The data below:

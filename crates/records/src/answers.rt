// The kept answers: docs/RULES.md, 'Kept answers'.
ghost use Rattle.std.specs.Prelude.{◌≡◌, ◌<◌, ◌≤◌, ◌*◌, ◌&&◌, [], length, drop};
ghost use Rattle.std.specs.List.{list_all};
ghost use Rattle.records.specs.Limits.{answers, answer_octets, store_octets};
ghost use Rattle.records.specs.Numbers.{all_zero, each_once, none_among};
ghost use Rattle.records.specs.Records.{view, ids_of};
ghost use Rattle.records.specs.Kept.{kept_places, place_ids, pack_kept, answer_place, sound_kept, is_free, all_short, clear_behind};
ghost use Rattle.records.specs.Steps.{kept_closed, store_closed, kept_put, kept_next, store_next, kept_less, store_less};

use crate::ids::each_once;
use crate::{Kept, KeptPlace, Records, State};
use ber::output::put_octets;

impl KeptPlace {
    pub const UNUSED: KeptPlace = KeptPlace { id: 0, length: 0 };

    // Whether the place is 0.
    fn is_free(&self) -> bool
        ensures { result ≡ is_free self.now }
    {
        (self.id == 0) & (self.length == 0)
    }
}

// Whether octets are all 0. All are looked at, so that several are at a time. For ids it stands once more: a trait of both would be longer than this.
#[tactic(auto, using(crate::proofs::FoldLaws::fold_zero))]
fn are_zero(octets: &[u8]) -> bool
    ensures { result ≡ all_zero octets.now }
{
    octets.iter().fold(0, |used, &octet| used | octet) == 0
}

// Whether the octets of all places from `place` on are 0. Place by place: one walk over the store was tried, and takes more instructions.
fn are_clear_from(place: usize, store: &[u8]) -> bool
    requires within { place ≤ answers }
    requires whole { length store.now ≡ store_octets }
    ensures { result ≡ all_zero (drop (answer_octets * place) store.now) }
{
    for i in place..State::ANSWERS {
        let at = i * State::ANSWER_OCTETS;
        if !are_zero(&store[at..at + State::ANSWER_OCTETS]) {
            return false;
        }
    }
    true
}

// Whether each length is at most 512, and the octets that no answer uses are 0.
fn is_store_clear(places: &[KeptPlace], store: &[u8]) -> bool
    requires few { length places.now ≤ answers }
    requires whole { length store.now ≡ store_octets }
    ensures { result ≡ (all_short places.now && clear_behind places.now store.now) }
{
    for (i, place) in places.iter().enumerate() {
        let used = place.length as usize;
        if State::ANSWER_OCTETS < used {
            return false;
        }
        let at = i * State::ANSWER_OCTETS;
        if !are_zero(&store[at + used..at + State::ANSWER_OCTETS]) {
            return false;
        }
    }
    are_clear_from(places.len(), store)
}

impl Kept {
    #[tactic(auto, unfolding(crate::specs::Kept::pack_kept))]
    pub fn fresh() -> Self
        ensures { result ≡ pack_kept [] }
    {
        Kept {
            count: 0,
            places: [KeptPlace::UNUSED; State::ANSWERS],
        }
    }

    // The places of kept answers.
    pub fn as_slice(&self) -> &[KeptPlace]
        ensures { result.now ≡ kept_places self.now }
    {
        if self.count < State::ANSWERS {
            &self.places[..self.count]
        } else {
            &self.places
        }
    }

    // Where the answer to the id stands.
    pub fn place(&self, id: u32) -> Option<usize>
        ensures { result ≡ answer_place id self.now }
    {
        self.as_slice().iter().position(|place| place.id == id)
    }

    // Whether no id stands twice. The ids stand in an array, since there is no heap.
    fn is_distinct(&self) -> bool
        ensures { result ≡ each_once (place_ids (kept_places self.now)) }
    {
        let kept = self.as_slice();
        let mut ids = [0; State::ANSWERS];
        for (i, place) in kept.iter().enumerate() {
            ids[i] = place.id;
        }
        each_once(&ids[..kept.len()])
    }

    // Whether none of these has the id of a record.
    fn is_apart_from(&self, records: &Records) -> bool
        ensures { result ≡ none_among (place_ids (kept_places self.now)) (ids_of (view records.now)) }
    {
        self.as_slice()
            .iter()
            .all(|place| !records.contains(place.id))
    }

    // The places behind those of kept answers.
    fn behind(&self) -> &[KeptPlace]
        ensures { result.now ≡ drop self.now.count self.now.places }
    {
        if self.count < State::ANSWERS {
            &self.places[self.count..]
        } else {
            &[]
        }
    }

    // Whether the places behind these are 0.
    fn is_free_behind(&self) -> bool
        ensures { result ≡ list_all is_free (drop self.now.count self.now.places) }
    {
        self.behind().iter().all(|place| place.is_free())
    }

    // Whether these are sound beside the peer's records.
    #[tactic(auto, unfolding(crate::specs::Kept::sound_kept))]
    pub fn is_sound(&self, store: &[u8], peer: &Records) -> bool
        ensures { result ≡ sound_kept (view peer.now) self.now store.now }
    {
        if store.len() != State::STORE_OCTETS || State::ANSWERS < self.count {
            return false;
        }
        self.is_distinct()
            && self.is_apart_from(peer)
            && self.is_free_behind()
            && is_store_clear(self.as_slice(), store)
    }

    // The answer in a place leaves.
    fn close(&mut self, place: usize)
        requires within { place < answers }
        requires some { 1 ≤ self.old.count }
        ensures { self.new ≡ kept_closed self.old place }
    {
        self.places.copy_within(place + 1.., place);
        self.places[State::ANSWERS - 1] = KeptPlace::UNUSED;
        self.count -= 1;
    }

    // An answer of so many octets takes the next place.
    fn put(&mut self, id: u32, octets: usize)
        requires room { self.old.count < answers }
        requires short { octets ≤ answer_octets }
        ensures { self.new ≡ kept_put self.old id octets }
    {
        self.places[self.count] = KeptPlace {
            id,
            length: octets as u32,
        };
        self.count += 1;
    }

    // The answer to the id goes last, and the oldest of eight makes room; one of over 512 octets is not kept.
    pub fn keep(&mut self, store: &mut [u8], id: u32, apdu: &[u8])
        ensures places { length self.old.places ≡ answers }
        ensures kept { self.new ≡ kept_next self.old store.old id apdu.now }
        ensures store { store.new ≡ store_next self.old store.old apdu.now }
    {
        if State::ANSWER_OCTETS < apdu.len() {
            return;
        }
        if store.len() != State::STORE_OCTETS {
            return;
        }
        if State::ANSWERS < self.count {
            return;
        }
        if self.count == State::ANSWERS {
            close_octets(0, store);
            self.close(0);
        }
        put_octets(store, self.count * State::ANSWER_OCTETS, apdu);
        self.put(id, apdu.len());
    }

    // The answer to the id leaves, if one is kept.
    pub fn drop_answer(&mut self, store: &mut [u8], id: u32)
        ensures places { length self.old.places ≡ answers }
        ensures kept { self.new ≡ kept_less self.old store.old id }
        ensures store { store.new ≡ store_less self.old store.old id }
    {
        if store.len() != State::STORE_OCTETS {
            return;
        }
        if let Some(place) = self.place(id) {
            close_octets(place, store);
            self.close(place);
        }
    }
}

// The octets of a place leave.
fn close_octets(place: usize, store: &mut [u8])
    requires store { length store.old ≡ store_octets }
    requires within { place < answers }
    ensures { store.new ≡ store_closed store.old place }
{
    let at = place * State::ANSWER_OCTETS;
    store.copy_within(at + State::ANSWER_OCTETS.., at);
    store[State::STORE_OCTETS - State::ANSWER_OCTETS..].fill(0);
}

End of The data.
The data below:

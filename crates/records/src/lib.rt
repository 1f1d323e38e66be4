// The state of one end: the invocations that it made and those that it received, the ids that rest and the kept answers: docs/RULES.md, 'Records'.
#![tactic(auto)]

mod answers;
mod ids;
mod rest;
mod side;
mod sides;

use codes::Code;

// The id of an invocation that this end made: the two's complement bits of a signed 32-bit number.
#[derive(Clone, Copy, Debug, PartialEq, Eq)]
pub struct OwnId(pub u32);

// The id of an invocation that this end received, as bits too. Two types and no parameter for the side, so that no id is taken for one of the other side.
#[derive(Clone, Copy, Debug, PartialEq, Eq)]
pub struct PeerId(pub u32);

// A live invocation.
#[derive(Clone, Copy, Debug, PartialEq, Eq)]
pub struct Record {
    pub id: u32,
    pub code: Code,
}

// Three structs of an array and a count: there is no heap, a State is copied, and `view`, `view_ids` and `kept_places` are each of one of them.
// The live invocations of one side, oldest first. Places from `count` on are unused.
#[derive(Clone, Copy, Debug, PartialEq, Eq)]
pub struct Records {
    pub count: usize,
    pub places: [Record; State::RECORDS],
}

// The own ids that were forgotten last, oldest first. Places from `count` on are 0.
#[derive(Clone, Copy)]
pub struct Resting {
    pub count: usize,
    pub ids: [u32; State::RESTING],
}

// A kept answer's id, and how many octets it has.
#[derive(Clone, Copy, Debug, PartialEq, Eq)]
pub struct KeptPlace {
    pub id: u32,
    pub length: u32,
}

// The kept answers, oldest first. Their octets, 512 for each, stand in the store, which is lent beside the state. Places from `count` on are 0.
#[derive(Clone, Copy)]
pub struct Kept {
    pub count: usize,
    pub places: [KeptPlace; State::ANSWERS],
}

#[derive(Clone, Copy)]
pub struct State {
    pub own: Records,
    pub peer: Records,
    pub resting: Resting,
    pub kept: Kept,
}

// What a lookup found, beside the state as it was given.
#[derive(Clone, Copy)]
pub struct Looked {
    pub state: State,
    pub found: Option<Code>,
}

End of The data.
The data below:

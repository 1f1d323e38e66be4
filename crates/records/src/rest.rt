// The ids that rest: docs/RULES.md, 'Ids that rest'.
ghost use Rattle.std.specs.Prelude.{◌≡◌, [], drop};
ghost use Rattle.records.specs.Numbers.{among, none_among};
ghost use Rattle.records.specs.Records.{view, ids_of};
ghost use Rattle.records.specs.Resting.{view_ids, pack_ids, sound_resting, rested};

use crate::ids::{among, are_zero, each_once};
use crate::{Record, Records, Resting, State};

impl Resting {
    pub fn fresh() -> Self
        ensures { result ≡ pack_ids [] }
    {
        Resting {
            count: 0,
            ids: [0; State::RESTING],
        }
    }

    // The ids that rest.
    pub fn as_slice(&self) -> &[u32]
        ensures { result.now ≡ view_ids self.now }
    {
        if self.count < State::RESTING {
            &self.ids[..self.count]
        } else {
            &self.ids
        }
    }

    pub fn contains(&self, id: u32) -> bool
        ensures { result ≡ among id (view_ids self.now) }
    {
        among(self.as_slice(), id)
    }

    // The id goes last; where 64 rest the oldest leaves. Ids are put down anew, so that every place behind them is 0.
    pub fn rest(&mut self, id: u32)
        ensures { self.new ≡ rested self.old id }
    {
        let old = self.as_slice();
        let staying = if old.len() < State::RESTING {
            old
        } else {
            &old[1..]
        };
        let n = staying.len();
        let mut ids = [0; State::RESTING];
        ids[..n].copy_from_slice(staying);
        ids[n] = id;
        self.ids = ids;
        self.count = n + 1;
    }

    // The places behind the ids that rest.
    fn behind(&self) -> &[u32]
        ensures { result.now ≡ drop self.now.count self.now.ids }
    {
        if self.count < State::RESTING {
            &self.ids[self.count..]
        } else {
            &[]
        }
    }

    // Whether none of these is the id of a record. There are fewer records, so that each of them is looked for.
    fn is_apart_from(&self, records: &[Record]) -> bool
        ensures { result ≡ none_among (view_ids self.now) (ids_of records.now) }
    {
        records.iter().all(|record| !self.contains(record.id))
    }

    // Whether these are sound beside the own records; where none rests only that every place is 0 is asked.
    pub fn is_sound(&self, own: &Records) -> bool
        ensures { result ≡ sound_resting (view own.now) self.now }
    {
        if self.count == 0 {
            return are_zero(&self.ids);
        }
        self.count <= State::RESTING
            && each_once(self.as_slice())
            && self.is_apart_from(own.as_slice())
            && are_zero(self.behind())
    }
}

End of The data.

• **What the task requires**: Filter the data above by the word "RULES" and copy every line that matches.

• **Exercise output**:
// The kept answers: docs/RULES.md, 'Kept answers'.
// The state of one end: the invocations that it made and those that it received, the ids that rest and the kept answers: docs/RULES.md, 'Records'.
// The ids that rest: docs/RULES.md, 'Ids that rest'.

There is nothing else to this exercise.